== STUDY MATERIAL ==

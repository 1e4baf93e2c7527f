//! The command `add`: a document more in the project of a file.
ghost use Rattle.std.specs.Prelude.{◌≡◌, ◌≢◌, ◌≤◌, ◌⊎◌, None, codes, IfErr, IfOk, IsErrOf, MatchResult, OnOk};
ghost use Rattle.mark_base.specs.Streams.{TellsFault};
ghost use Rattle.named_disks.specs.NamedDisks.{IsIn, KeepsOthers, is_there, reads_as};
ghost use Rattle.project_book.specs.Keeping.{TellsKeeper};
ghost use Rattle.program_inputs.specs.Troubles.{with_number};
ghost use Rattle.project_commands.specs.Adding.{Adds, AddsHere, NotAdded, NotAddedHere};

use crate::commands::add_text;
use mark_base::{Bytes, Memory, Slug, Steps};
use named_disks::Disks;
use program_inputs::{
    Folder, Trouble, give_project_back, open_project, read_text_file, with_number,
};
use project_book::Book;
use project_journal::Keeper;
use std::alloc::Global;
use std::sync::ledger::Ledger;

/// The line that counts tokens.
fn tokens_line(alloc: Global, tokens: u32) -> Result<Bytes, Memory>
    ensures { IfOk result (λ bytes. bytes ≡ with_number (codes "tokens ") tokens) }
{
    let line = with_number(alloc, "tokens ", tokens as u64)?;
    Ok(Bytes::from_vec(line.into_bytes()))
}

/// Reads a text and adds it to a project.
fn add_here<F: Folder, K: Keeper, G: Ledger>(
    alloc: Global,
    project: &mut Book<K>,
    caller: &Slug,
    name: Slug,
    text: &str,
    folder: &mut F,
    steps: &mut Steps<G>,
) -> Result<Bytes, Trouble>
    ensures added { IfOk result (λ bytes. AddsHere project.old.log (F.file folder.old text.now) caller.now name bytes project.new.log) }
    ensures refused { IfErr result (NotAddedHere project.old.log (F.file folder.old text.now) caller.now name (F.folder_faults folder.old) (F.folder_faults folder.new)) }
    ensures keeper { TellsKeeper K.faults K.faultless project.old.keeper project.new.keeper (IsErrOf result Trouble.DiskFailed) }
    ensures certain { K.doubt project.old.keeper ≡ None → OnOk result (K.doubt project.new.keeper ≡ None) }
    ensures later { F.folder_faults folder.old ≤ F.folder_faults folder.new }
    ensures cause { TellsFault (IsErrOf result Trouble.FileFailed) (F.folder_faults folder.old) (F.folder_faults folder.new) }
    ensures no_read { IfErr result (λ trouble. trouble ≢ Trouble.ReadFault) }
    ensures no_write { IfErr result (λ trouble. trouble ≢ Trouble.WriteFault) }
    ensures no_use { IfErr result (λ trouble. trouble ≢ Trouble.DiskInUse) }
{
    let text = read_text_file(alloc, folder, text)?;
    let tokens = match add_text(project, caller, name, text, steps) {
        Ok(tokens) => tokens,
        Err(why) => return Err(why),
    };
    let line = tokens_line(alloc, tokens)?;
    Ok(line)
}

/// `add BOOK CALLER NAME TEXT`: opens the project of a file, reads a text, adds it as a document for a caller, and gives
/// the line that counts its tokens.
///
/// The project's file is judged before the text. Where the project refuses the document, or memory or a disk fails, the
/// file is given back with what was kept until then. Cost: opening the project, and the text.
pub fn add_document<F: Folder, D: Disks, G: Ledger>(
    alloc: Global,
    book: &str,
    caller: &Slug,
    name: Slug,
    text: &str,
    folder: &mut F,
    disks: &mut D,
    steps: &mut Steps<G>,
) -> Result<Bytes, Trouble>
    requires { IsIn (D.out disks.old) book.now }
    ensures told { MatchResult result (Adds (reads_as (D.stored disks.old) book.now) (reads_as (D.stored disks.new) book.now) (F.file folder.old text.now) caller.now name) (NotAdded (reads_as (D.stored disks.old) book.now) (F.file folder.old text.now) caller.now name (F.folder_faults folder.old) (F.folder_faults folder.new)) }
    ensures taken_back { IsIn (D.out disks.new) book.now }
    ensures others { KeepsOthers book.now (D.stored disks.old) (D.out disks.old) (D.stored disks.new) (D.out disks.new) }
    ensures none_made { is_there (D.stored disks.new) book.now ≡ is_there (D.stored disks.old) book.now }
    ensures stays { D.faultless disks.old → D.faultless disks.new }
    ensures never { D.faultless disks.old → IsErrOf result Trouble.DiskFailed → ⊥ }
    ensures free { D.faultless disks.old → IsErrOf result Trouble.DiskInUse → ⊥ }
    ensures later { F.folder_faults folder.old ≤ F.folder_faults folder.new }
    ensures cause { TellsFault (IsErrOf result Trouble.FileFailed) (F.folder_faults folder.old) (F.folder_faults folder.new) }
    ensures no_read { IfErr result (λ trouble. trouble ≢ Trouble.ReadFault) }
    ensures no_write { IfErr result (λ trouble. trouble ≢ Trouble.WriteFault) }
{
    let mut project = open_project(alloc, disks, book)?;
    let found = add_here(alloc, &mut project, caller, name, text, folder, steps);
    give_project_back(disks, book, project);
    match found {
        Ok(line) => Ok(line),
        Err(why) => Err(why),
    }
}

===

→ TASK INSTRUCTIONS
The line above containing "use project_journal::Keeper;", the line containing "(λ bytes. AddsHere", and every line between them are to be transcribed exactly; no other line is wanted.

→ EXERCISE SOLUTION
use project_journal::Keeper;
use std::alloc::Global;
use std::sync::ledger::Ledger;

/// The line that counts tokens.
fn tokens_line(alloc: Global, tokens: u32) -> Result<Bytes, Memory>
    ensures { IfOk result (λ bytes. bytes ≡ with_number (codes "tokens ") tokens) }
{
    let line = with_number(alloc, "tokens ", tokens as u64)?;
    Ok(Bytes::from_vec(line.into_bytes()))
}

/// Reads a text and adds it to a project.
fn add_here<F: Folder, K: Keeper, G: Ledger>(
    alloc: Global,
    project: &mut Book<K>,
    caller: &Slug,
    name: Slug,
    text: &str,
    folder: &mut F,
    steps: &mut Steps<G>,
) -> Result<Bytes, Trouble>
    ensures added { IfOk result (λ bytes. AddsHere project.old.log (F.file folder.old text.now) caller.now name bytes project.new.log) }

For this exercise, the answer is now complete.